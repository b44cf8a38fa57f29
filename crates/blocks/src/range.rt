//! Ranges of blocks: what one write covers.
ghost use Rattle.std.specs.Prelude.{◌≡◌, ◌+◌, ◌-◌, ◌/◌, ◌<◌, ◌≤◌, ◌↔◌, IsTrue, IsOk, IfOk, IfErr};
ghost use Rattle.blocks.specs.Ranges.{IsRange, ranges_meet};
ghost use Rattle.blocks.specs.declared.refusal.Refusal.TheVariants.{BadRange};

use crate::{Block, EXTENT_BLOCKS, Refusal};

/// The most blocks of one write: 128 KiB (this project's limit).
pub const MAX_RANGE: u64 = 32;

/// The blocks of one write: 1 to 32 of them, in one extent.
#[derive(Clone, Copy, Debug, PartialEq, Eq)]
pub struct Range {
    /// The first block.
    pub first: Block,
    /// How many blocks.
    pub count: u64,
    ghost some: { 0 < count },
    ghost few: { count ≤ 32 },
    ghost one_extent: { first.0 / 1024 ≡ (first.0 + count - 1) / 1024 },
}

impl Range {
    /// Returns the range of `count` blocks from `first` on, in a device of `blocks` blocks.
    ///
    /// `BadRange` (1) if the range is empty, has more than 32 blocks, goes past the device's end, or covers two
    /// extents (this project's rule). It takes no memory.
    pub fn new(first: u64, count: u64, blocks: u32) -> Result<Range, Refusal>
        ensures accepted { IsOk result ↔ IsRange blocks first count }
        ensures range { IfOk result (λ r. (r.first.0 ≡ first) × (r.count ≡ count)) }
        ensures refused { IfErr result (λ e. e ≡ BadRange) }
    {
        let device = u64::from(blocks);
        if count == 0 || count > MAX_RANGE || first > device || count > device - first {
            return Err(Refusal::BadRange);
        }
        if first / EXTENT_BLOCKS != (first + count - 1) / EXTENT_BLOCKS {
            return Err(Refusal::BadRange);
        }
        Ok(Range {
            first: Block(first),
            count,
        })
    }

    /// Returns whether the block is one of the range.
    pub fn contains(&self, block: Block) -> bool
        ensures { IsTrue result ↔ ((self.now.first.0 ≤ block.0) × (block.0 < self.now.first.0 + self.now.count)) }
    {
        self.first.0 <= block.0 && block.0 - self.first.0 < self.count
    }

    /// Returns whether the two ranges share a block.
    pub fn meets(&self, other: &Range) -> bool
        ensures { result ≡ ranges_meet self.now.first.0 self.now.count other.now.first.0 other.now.count }
    {
        self.contains(other.first) || other.contains(self.first)
    }
}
++++++
## Prompt
Write out the records again, exactly as given.

## Task output
repository b44cf8a38fa57f29
filename crates/blocks/src/range.rt
//! Ranges of blocks: what one write covers.
ghost use Rattle.std.specs.Prelude.{◌≡◌, ◌+◌, ◌-◌, ◌/◌, ◌<◌, ◌≤◌, ◌↔◌, IsTrue, IsOk, IfOk, IfErr};
ghost use Rattle.blocks.specs.Ranges.{IsRange, ranges_meet};
ghost use Rattle.blocks.specs.declared.refusal.Refusal.TheVariants.{BadRange};

use crate::{Block, EXTENT_BLOCKS, Refusal};

/// The most blocks of one write: 128 KiB (this project's limit).
pub const MAX_RANGE: u64 = 32;

/// The blocks of one write: 1 to 32 of them, in one extent.
#[derive(Clone, Copy, Debug, PartialEq, Eq)]
pub struct Range {
    /// The first block.
    pub first: Block,
    /// How many blocks.
    pub count: u64,
    ghost some: { 0 < count },
    ghost few: { count ≤ 32 },
    ghost one_extent: { first.0 / 1024 ≡ (first.0 + count - 1) / 1024 },
}

impl Range {
    /// Returns the range of `count` blocks from `first` on, in a device of `blocks` blocks.
    ///
    /// `BadRange` (1) if the range is empty, has more than 32 blocks, goes past the device's end, or covers two
    /// extents (this project's rule). It takes no memory.
    pub fn new(first: u64, count: u64, blocks: u32) -> Result<Range, Refusal>
        ensures accepted { IsOk result ↔ IsRange blocks first count }
        ensures range { IfOk result (λ r. (r.first.0 ≡ first) × (r.count ≡ count)) }
        ensures refused { IfErr result (λ e. e ≡ BadRange) }
    {
        let device = u64::from(blocks);
        if count == 0 || count > MAX_RANGE || first > device || count > device - first {
            return Err(Refusal::BadRange);
        }
        if first / EXTENT_BLOCKS != (first + count - 1) / EXTENT_BLOCKS {
            return Err(Refusal::BadRange);
        }
        Ok(Range {
            first: Block(first),
            count,
        })
    }

    /// Returns whether the block is one of the range.
    pub fn contains(&self, block: Block) -> bool
        ensures { IsTrue result ↔ ((self.now.first.0 ≤ block.0) × (block.0 < self.now.first.0 + self.now.count)) }
    {
        self.first.0 <= block.0 && block.0 - self.first.0 < self.count
    }

    /// Returns whether the two ranges share a block.
    pub fn meets(&self, other: &Range) -> bool
        ensures { result ≡ ranges_meet self.now.first.0 self.now.count other.now.first.0 other.now.count }
    {
        self.contains(other.first) || other.contains(self.first)
    }
}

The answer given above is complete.